Munis in Focus: A Q1 2026 Recap
April 13, 2026
Read Time 5 MIN
Key Takeaways
- Despite a noisy Q1, high-quality munis continued to pay investors their interest and principal as intended.
- Muni yields rose faster than Treasuries in Q1, pushing the 30-year muni/Treasury ratio to near two-year highs, up over 2 points since year-end.
- Credit quality remains excellent with state tax collections still running 10%+ higher in key states. This is a rate story, not a credit story.
What Happened to Municipal Bonds in Q1 2026?
Hard to believe the first quarter is already behind us. And what a quarter it was: geopolitical conflict in the Middle East, another government shutdown, questions around Fed independence, and ongoing noise around AI investment valuations.

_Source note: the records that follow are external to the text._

// Two calls of `Space` that set a mark in the leaf of a settled page (one in memory): `mark_stored` sets the dirty mark (D), by
// which a page of a writable shared mapping is written back to its file; `mark_forked` sets the copy-on-write mark (RSW bit 8,
// W clear), so that the next store takes the page over first (copy-on-write).

ghost use Rattle.std.specs.Prelude.{◌≡◌, ℕ};
ghost use Rattle.address_space.specs.Agreement.{body_of};
ghost use Rattle.address_space.specs.Kept.{KeepsPlace};
ghost use Rattle.address_space.specs.SettledLists.{IsSettledPage};
ghost use Rattle.address_space.specs.SpacesInCalls.{HasMarkedForked, IsSpaceInCall};
ghost use Rattle.address_space.specs.Steps.{CanWrite, MarksStored};
ghost use Rattle.frame_store.specs.Laws.{IsSeatOf, KeepsSeats};
ghost use Rattle.process_model.specs.Process.{Page, Process};
ghost use Rattle.table_walk.specs.Tables.{Tables};

use crate::pages::frame_of;
use crate::settled_pages::SettledPage;
use crate::space::Space;
use frame_store::{FrameAccess, FrameSeat};
use sv39_entry::{Access, Vpn};
use table_walk::protect;

impl<S: FrameSeat> Space<S> {
    /// Sets the dirty mark (D; RISC-V Privileged Architecture 20211203, 4.3.1) on `page` if its stores are written back to a
    /// file: if its region is a shared mapping. The page must be settled, without copy-on-write mark, and in a region that
    /// grants writing; in a region of any other kind it has D already, and keeps its leaf. The page keeps its frame. Makes no
    /// fence: the caller must.
    pub fn mark_stored<F: FrameAccess<Seat = S>>(&mut self, store: &mut F, page: Vpn)
        requires fits { IsSeatOf F.invariant store.old self.old.seat }
        requires ready { (t : Tables) × (p : Process) × (s : Page) × CanWrite (body_of S.view self.old) t p page s }
        ensures marked { (t : Tables) (p : Process) (s : Page) → CanWrite (body_of S.view self.old) t p page s →
            (u : Tables) × MarksStored (S.view self.old.seat) (body_of S.view self.new) t u p page s }
        ensures place { KeepsPlace self.old self.new }
        ensures keeps { KeepsSeats F.invariant store.old self.old.seat store.new self.new.seat }
        ensures free { F.alone → F.free store.new ≡ F.free store.old }
        ensures counts { F.alone → (f : ℕ) → F.count store.new f ≡ F.count store.old f }
    {
        let scheme = self.layout.scheme();
        let Some(region) = self.layout.region_at(page.number()) else {
            unreachable!()
        };
        let Some((frame, _)) = frame_of(store, &mut self.seat, scheme, self.root, page) else {
            unreachable!()
        };
        let leaf = region.leaf(frame, false, true);
        protect(store, &mut self.seat, scheme, self.root, page, leaf);
    }

    /// Puts the copy-on-write mark on a settled page if its region grants writing: its leaf gets RSW bit 8, loses W and keeps
    /// its frame, and the next store takes the page over first (the xv6 book, "Page-fault exceptions"). A page of any other
    /// region stays as it is. `settled` is the page as it is now, with its frame and D, so its leaf is not read again. The seat
    /// may have credits and further references. Makes no fence: the caller must.
    pub fn mark_forked<F: FrameAccess<Seat = S>>(&mut self, store: &mut F, settled: &SettledPage)
        requires fits { IsSeatOf F.invariant store.old self.old.seat }
        requires ready { (t : Tables) × (p : Process) × (extra : ℕ → ℕ) × IsSpaceInCall (body_of S.view self.old) t p extra × IsSettledPage t p settled.now }
        ensures marked { HasMarkedForked (body_of S.view self.old) (body_of S.view self.new) settled.now }
        ensures place { KeepsPlace self.old self.new }
        ensures keeps { KeepsSeats F.invariant store.old self.old.seat store.new self.new.seat }
        ensures free { F.alone → F.free store.new ≡ F.free store.old }
        ensures counts { F.alone → (f : ℕ) → F.count store.new f ≡ F.count store.old f }
    {
        let scheme = self.layout.scheme();
        let Some(region) = self.layout.region_at(settled.page.number()) else {
            unreachable!()
        };
        if region.lacks_right(Access::Store) {
            return;
        }
        let leaf = region.leaf(settled.frame, true, settled.dirty);
        protect(store, &mut self.seat, scheme, self.root, settled.page, leaf);
    }
}
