// Tests that a cabinet makes each promise (a reservation of page I/O); that `copy_page` over files that refuse one promise
// copies a page or is refused, by rows of files, offset, outcome and a byte then; and that each `PromiseError` becomes its
// refusal.

use crate::cabinets::cabinet;
use crate::file_pages::{THREE_FILES, byte_at};
use crate::rows::expect;
use file_cabinet::{Files, PromiseError};
use process_model::Refusal;
use std::test::Fail;
use tests_of_files::{RefusingFiles, copy_page};

static PAGES: [usize; 4] = [0, 1, 65_536, usize::MAX];

#[test]
fn promises_any_pages(rt: HostRuntime) -> Result<(), Fail> {
    let mut files = cabinet(rt.alloc(), &THREE_FILES)?;
    for number in 0..PAGES.len() {
        expect(&rt, number, files.promise(PAGES[number]), Ok(()));
    }
    Ok(())
}

/// A copy of the page at an offset of one file to another file; its outcome, and byte 4,999 of file 0 then.
type PageCopy = (usize, usize, usize, Result<(), Refusal>, Option<u8>);

static COPIES: [PageCopy; 4] = [
    (2, 0, 4_096, Ok(()), Some(135)),
    (1, 0, 0, Err(Refusal::Memory), Some(135)),
    (1, 0, 4_096, Ok(()), Some(0)),
    (2, 0, 0, Ok(()), Some(0)),
];

#[test]
fn copies_over_any_files(rt: HostRuntime) -> Result<(), Fail> {
    let mut files = RefusingFiles {
        files: cabinet(rt.alloc(), &THREE_FILES)?,
        until_refusal: Some(1),
    };
    for number in 0..COPIES.len() {
        let (from, to, offset, outcome, byte) = COPIES[number];
        let copied = copy_page(&mut files, from, to, offset);
        let there = byte_at(&files.files, 0, 4_999);
        expect(&rt, number, (copied, there), (outcome, byte));
    }
    let kept = (files.length(0), files.writable(0));
    expect(&rt, 4, kept, (Some(5_000), true));
    expect(&rt, 5, copy_page(&mut files.files, 2, 0, 4_096), Ok(()));
    Ok(())
}

#[test]
fn refuses_for_the_same_reason(rt: HostRuntime) {
    let memory = Refusal::from(PromiseError::Memory);
    expect(&rt, 0, memory, Refusal::Memory);
    let full = Refusal::from(PromiseError::JournalFull);
    expect(&rt, 1, full, Refusal::JournalFull);
}
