// `read_line`: reads a line of a file; `without_feed` and `is_among`, what is asked of one.

use crate::fault::Fault;
use script_language::LONGEST_LINE;
use std::io::{BufRead, BufReader, Read};

/// Whether a word is one of some words.
pub fn is_among(words: &[&[u8]], word: &[u8]) -> bool {
    'words: for one in words {
        if *one == word {
            return true;
        }
    }
    false
}

/// Returns a line without its line feed.
pub fn without_feed(line: &[u8]) -> &[u8] {
    line.strip_suffix(b"\n".as_slice()).unwrap_or(line)
}

/// The most bytes that are read of one line: those of the longest line, a carriage return, a line feed, and one more.
const LONGEST_READ: u64 = LONGEST_LINE as u64 + 3;

/// Reads the next line with its line feed, and returns how many bytes it has: 0 at the end. Of a line that is too long, its first
/// `LONGEST_READ` bytes.
///
/// # Errors
/// `Read`: the reader failed. `Memory`: the host is out of memory.
pub fn read_line<R: Read + Drop>(
    reader: &mut BufReader<R>,
    line: &mut Vec<u8>,
) -> Result<usize, Fault> {
    let mut front = reader.by_ref().take(LONGEST_READ);
    match front.read_until(b'\n', line) {
        Ok(count) => Ok(count),
        Err(error) => Err(Fault::of_reading(error)),
    }
}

Markets had a lot to digest in a short amount of time.
Through all of it, high-quality investment-grade municipal bonds did what they’re supposed to do: they kept paying investors their interest and principal. That’s not a small thing when the rest of the market is dealing with elevated volatility across nearly every asset class.
Muni Yields Moved. And That’s Actually Good News
Here’s what’s worth paying attention to from a positioning standpoint heading into Q2. Municipal yields didn’t just move in Q1. They moved more than Treasuries. The 10-year AAA muni rose 30 basis points since the start of the year, nearly double the move in the 10-year Treasury over the same period. That kind of relative underperformance in price terms is frustrating if you’re already in, but for advisors looking to put money to work, it created a better entry point than we started the year with.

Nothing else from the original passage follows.